Samuel Hynes (1924-2019) R.I.P.

Another veteran American literary scholar and critic died earlier this month at Princeton . This was Samuel Hynes, WWII veteran fighter pilot and retired Woodrow Wilson Professor of Literature at Princeton University. He was 95. His best known critical work was a trilogy covering British literature bewteen the Edwardian era and the beginning of WWII. The third volume of that work was entitled The Auden Generation: Literature and Politics in England in the 1930s (1977).

Hynes begins his book with a consideration of The Waste Land as a defining book for Auden’s (and Waugh’s) generation. These were the writers who began their careers in the late ’20s-early ’30s.  Vile Bodies was another defining work that period.  As part of that discussion Hynes brings in the scene in Brideshead where Anthony Blanche declaims Eliot’s poem from a Christ Church balcony. While Hynes doesn’t mention Waugh’s use of the poem as the title for his fourth novel, A Handful of Dust, he does compare several passages of Vile Bodies to The Waste Land:

Vile Bodies is a London novel only in the sense that The Waste Land is a London poem; the city itself is an Unreal City, a fantasy of modern life lived in the absence of values. […] the world of Vile Bodies is a Waste Land, only it is a Waste Land inhabited mainly by Bright Young People. […] The word that the Bright Young People use again and again [to describe] the condition in  their lives is “bogus”. […] Bogusness […] is not a simple expression of cynicism.
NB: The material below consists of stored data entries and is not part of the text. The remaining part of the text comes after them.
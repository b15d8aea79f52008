// Prints the order of plans A to E of document 01, and of all elements in a line and on a circle.
#![tactic(auto)]

ghost use Rattle.std.specs.Prelude.{◌<◌};
ghost use Rattle.order.specs.Stored.{elements};

use order::{CELLS, ELEMENTS, Order, Rows, Set};
use std::io;

const LAST: usize = ELEMENTS - 1;

// The members of a set, ascending, numbered from 1 as activities are.
#[tactic(auto, using(order::proofs::Turns::member_below))]
fn print_members(rt: &impl Print, s: Set) -> io::Result<()> {
    for i in s {
        print!(rt; " {}", i + 1)?;
    }
    Ok(())
}

fn print_row(rt: &impl Print, o: Order, i: usize) -> io::Result<()>
    requires { i < elements }
{
    let s = o.after(i);
    print!(rt; "{} is before", i + 1)?;
    print_members(rt, s)?;
    println!(rt; ", {} in all", s.size())
}

#[tactic(auto, using(order::proofs::Sets::some_found))]
fn print_circle(rt: &impl Print, o: Order) -> io::Result<()> {
    match o.circle() {
        Some(i) => println!(rt; "circle at {}", i + 1),
        None => println!(rt; "no circle"),
    }
}

fn print_order(rt: &impl Print, o: Order) -> io::Result<()> {
    print_row(rt, o, 0)?;
    print_row(rt, o, 1)?;
    print_row(rt, o, 2)?;
    print_row(rt, o, 3)?;
    print_circle(rt, o)
}

fn print_test(rt: &impl Print, holds: bool) -> io::Result<()> {
    if holds {
        return println!(rt; "yes");
    }
    println!(rt; "no")
}

// The arcs from i to i + 1, for i below LAST, as rows; the last row is `end`. (By the index: see order's `Rows`.)
fn line(end: Set) -> Rows {
    let mut rows = [0; CELLS];
    for i in 0..LAST {
        order::put_row(&mut rows, i, Set::single(i + 1));
    }
    order::put_row(&mut rows, LAST, end);
    rows
}

fn main(rt: HostRuntime) -> io::Result<()> {
    println!(rt; "A")?;
    let a = Order::empty().with_arc(0, 1).with_arc(1, 3);
    print_order(&rt, a)?;
    println!(rt; "B")?;
    print_order(
        &rt,
        Order::empty().with_arc(0, 1).with_arc(0, 2).with_arc(0, 3),
    )?;
    println!(rt; "C")?;
    print_order(&rt, Order::empty())?;
    println!(rt; "D")?;
    print_order(
        &rt,
        Order::empty()
            .with_arc(0, 2)
            .with_arc(0, 3)
            .with_arc(1, 2)
            .with_arc(1, 3),
    )?;
    println!(rt; "E")?;
    print_order(&rt, Order::empty().with_arc(0, 1).with_arc(1, 0))?;
    println!(rt; "all in a line: the first before the last, the last before the first")?;
    let rows = line(Set::EMPTY);
    let o = Order::of(rows);
    print_test(&rt, o.before(0, LAST))?;
    print_test(&rt, o.before(LAST, 0))?;
    print_circle(&rt, o)?;
    println!(rt; "with an arc from the last to 3")?;
    print_circle(&rt, o.with_arc(LAST, 2))?;
    print_circle(&rt, Order::of(line(Set::single(2))))?;
    println!(rt; "with job arcs of A and the arc from 4 to 1 as a second table")?;
    let mut extra = [0; CELLS];
    order::put_row(&mut extra, 3, Set::single(0));
    print_order(&rt, Order::of(order::joined(a.after_rows(), extra)))
}
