// The checker reads a crate's definitions and theorems only beside a function; this one is private and does nothing.
#![tactic(auto)]

fn nothing() {}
It is a generation’s judgment of a world emptied of significance, and a sign of their ‘almost fatal hunger for permanence’. As in Eliot, the emptiness of modern existence is ironically under-scored by reference to magnificent visions of the past. (pp. 57-59)

Hynes is also impressed that “Waugh was the first English novelist to see his own time as a period entre deux guerres.”  (p. 60) The past war is described in photos of its participants displayed on the walls of Lottie Crump’s hotel, Adam Symes’ witnessing of an Armistice Day observation on his way to Marylebone Station, and the description of the guests’ attire at Lady Anchorage’s party. The next war is foreseen in Fr Rothschild’s discussion of the meaning of history with Prime Minister Outrage and, of course, in the book’s last chapter. Hynes concludes the “interwar” discussion with this:

Waugh’s novel stands, in many important way, as a precursor of later writing of the decade: in its prophecy of war, in its consciousness of the separateness of the younger generation, in its contemptuous hostility to the politics of the establishment, in its irony, in its bitter, farcical wit, and perhaps most importantly in the way Waugh has gone beyond probability and beyond realism to build a parabolic world, a comical Unreal City of sad, yearning Bright Young People. (p. 63)

Later in his book Hynes takes up travel writing of the ’30s in which writers “turned their travels into interior journeys and parables of their times, making landscape and incident–the factual narrative of reportage–do the work of symbol and myth–the materials of fable.” (p. 228) As examples of this he cites, inter aliaWaugh in Abyssinia and Graham Greene’s Journey Without Maps. He goes on to cite Waugh’s earlier travel books as “witty” and “popular” but distinguishes them from the more “striking” books of the later years of the decade that included Waugh in Abyssinia, a little-read book that is frequently dismissed by Waugh’s other critics.

According to Hynes’s obituary in the New York Times:

Enraptured by airplanes from childhood, Professor Hynes flew 78 combat missions over the Pacific. He once described flying as “a life, like a sex life, that no normal guy would give up if he didn’t absolutely have to.” But the dozens of books he wrote, contributed to and edited were not all drenched in blood and guts. Among the more composed were his dissections of Thomas Hardy’s poetry, Edwardian novels and the work of W.H. Auden and his contemporaries.